その場所は、僕が父さんとよく行った洞窟だった。
「どうしてここに……」
洞窟の最深部に二つの人影が見えた。
「ああ、母さん!」
一人は母さんで、もう一人は……。
「父さん……?」
あり得ない、父さんはもうこの世には……。
「叶多、来てくれたのか。待っていたよ」
「本当に父さんなの?」
「もちろんだ、さあ、おいで」
母さんは父さんの隣でぼーっと立っている。
「母さんは、大丈夫なの?」
「ああ。だから、ほら、早くおいで」
おかしい。母さんの様子も、父さんの口ぶりも。
「父さん、一体何を……」
「いいから早く来るんだ!」
いきなり怒鳴るなんて、父さんらしくない。
「やっと魔法が完成したんだ。これで家族一緒にいられる、永遠にな」
「そういうことだったのか、一般人がここまでやるとは」
後ろからの声に振り向くと、そこには師範がいた。
「お前は誰だ!」
「魔法で永遠の命を得ることは禁忌だ。魔法使い規定に基づいて対処させてもらう」
「師範……」
「母親を助けたいんだろ、こっちは任せて早く行ってやれ」
僕は大きく頷き、母さんの元へ駆けつける。
「母さん、母さん?」
揺さぶっても反応がない。目がうつろで、感情というものが欠如しているようだ。
「もう、手遅れなの……?」
僕の心の灯火が、小さくなっていくのを感じる。
僕がしっかりしていれば、僕が強ければ。
僕が、全部悪い。
だから母さんはこんなことに。
母さんがいなくなったら、僕はもう。
僕の生きている意味なんて……。
「余計なことを考えるな!」
師範の叫び声が僕の耳を貫いた。
「叶多、母親を炎で包むんだ」
おかしくなった父さんを魔法で抑えながら、僕に語りかける。
「でも、それじゃ母さんが……!」
「大丈夫。叶多、お前は優しい。きっと人を燃やすために魔法を使うようなやつじゃない」
師範の言っていることはずっとわからないけど、やるしかない。
「母さん、ごめん」
僕はそっと、母さんを炎で包んだ。
「あれ、燃えない……?」
その炎は人肌のような温かさで、数十秒後に自然と消えていった。
「かな、た?」
「母さん! 良かった……!」
僕は泣きながら母さんに抱きついた。
「どうしたの? 何があったの?」
「生きてて、良かった」
母さんは何も覚えていないようだった。辺りを見回すと、父さんと師範の姿はなかった。
あれから一週間、僕と母さんは平穏な日々を送っている。
父さんは依然見つからず、師範のぼろ小屋はもぬけの殻だった。ただ、小屋の扉に僕宛ての一通の手紙が貼り付けられていた。

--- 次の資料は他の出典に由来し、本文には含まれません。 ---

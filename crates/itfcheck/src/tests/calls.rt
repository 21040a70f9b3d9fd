//! Calls of `run` over files in memory.

use delivery::Word;
use ports::{MemoryShelf, Shelf};
use std::alloc::Global;
use std::test::Fail;

pub const CHECK: &[&str] = &["check", "M", "T", "C"];

pub const VERIFY: &[&str] = &["verify", "M", "T", "C"];

pub const POINTS: &[&str] = &["points", "M", "T", "C"];

pub fn words_of(alloc: Global, texts: &[&str]) -> Result<Vec<Word>, Fail> {
    let mut words = Vec::new(alloc);
    for text in texts {
        words.push(Word::new(alloc, text)?)?;
    }
    Ok(words)
}

// The file of the certificates, where it is there.
pub fn certificate(alloc: Global, shelf: &mut MemoryShelf) -> Result<Option<String>, Fail> {
    let mut buffer = [0u8; 2048];
    match shelf.read("C", 0, &mut buffer) {
        Ok(length) => {
            let text = std::str::from_utf8(&buffer[..length]).unwrap_or("not a text");
            Ok(Some(String::from_str(alloc, text)?))
        }
        Err(_) => Ok(None),
    }
}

「叶多、無事に母親を助けられて良かったな。最後に、父親の記録を残しておく。一応、大事な家族だろうからな。見たくなければ捨ててくれ」
封筒の中にメモが何枚か入っていた。それは、父さんの日記の一部だった。
私は魔法の存在を知った時から、その研究に没頭した。
そして、ついに永遠の命を手に入れられる魔法を習得した。
これで研究を続けられる、家族とも一緒に。
だが妻は、受け入れてくれなかった。
仕方ないが、強行手段だ。
叶多は頭がいいから、うまくここに誘導しよう。
「父さん……」
メモを全て読み終わった後、師範の手紙には続きがあることに気がついた。
「人の心がある限り、魔法は生き続ける。そのことを忘れるなよ。また会う日まで、元気でな」
師範は結局、大事なことは何も言ってくれなかったな。
あれから魔法は使っていない。使う気もない。ただもう一度、師範に会えたなら……。
「よう、叶多。久しぶりだな」
魔法使いを目指してみようと思う。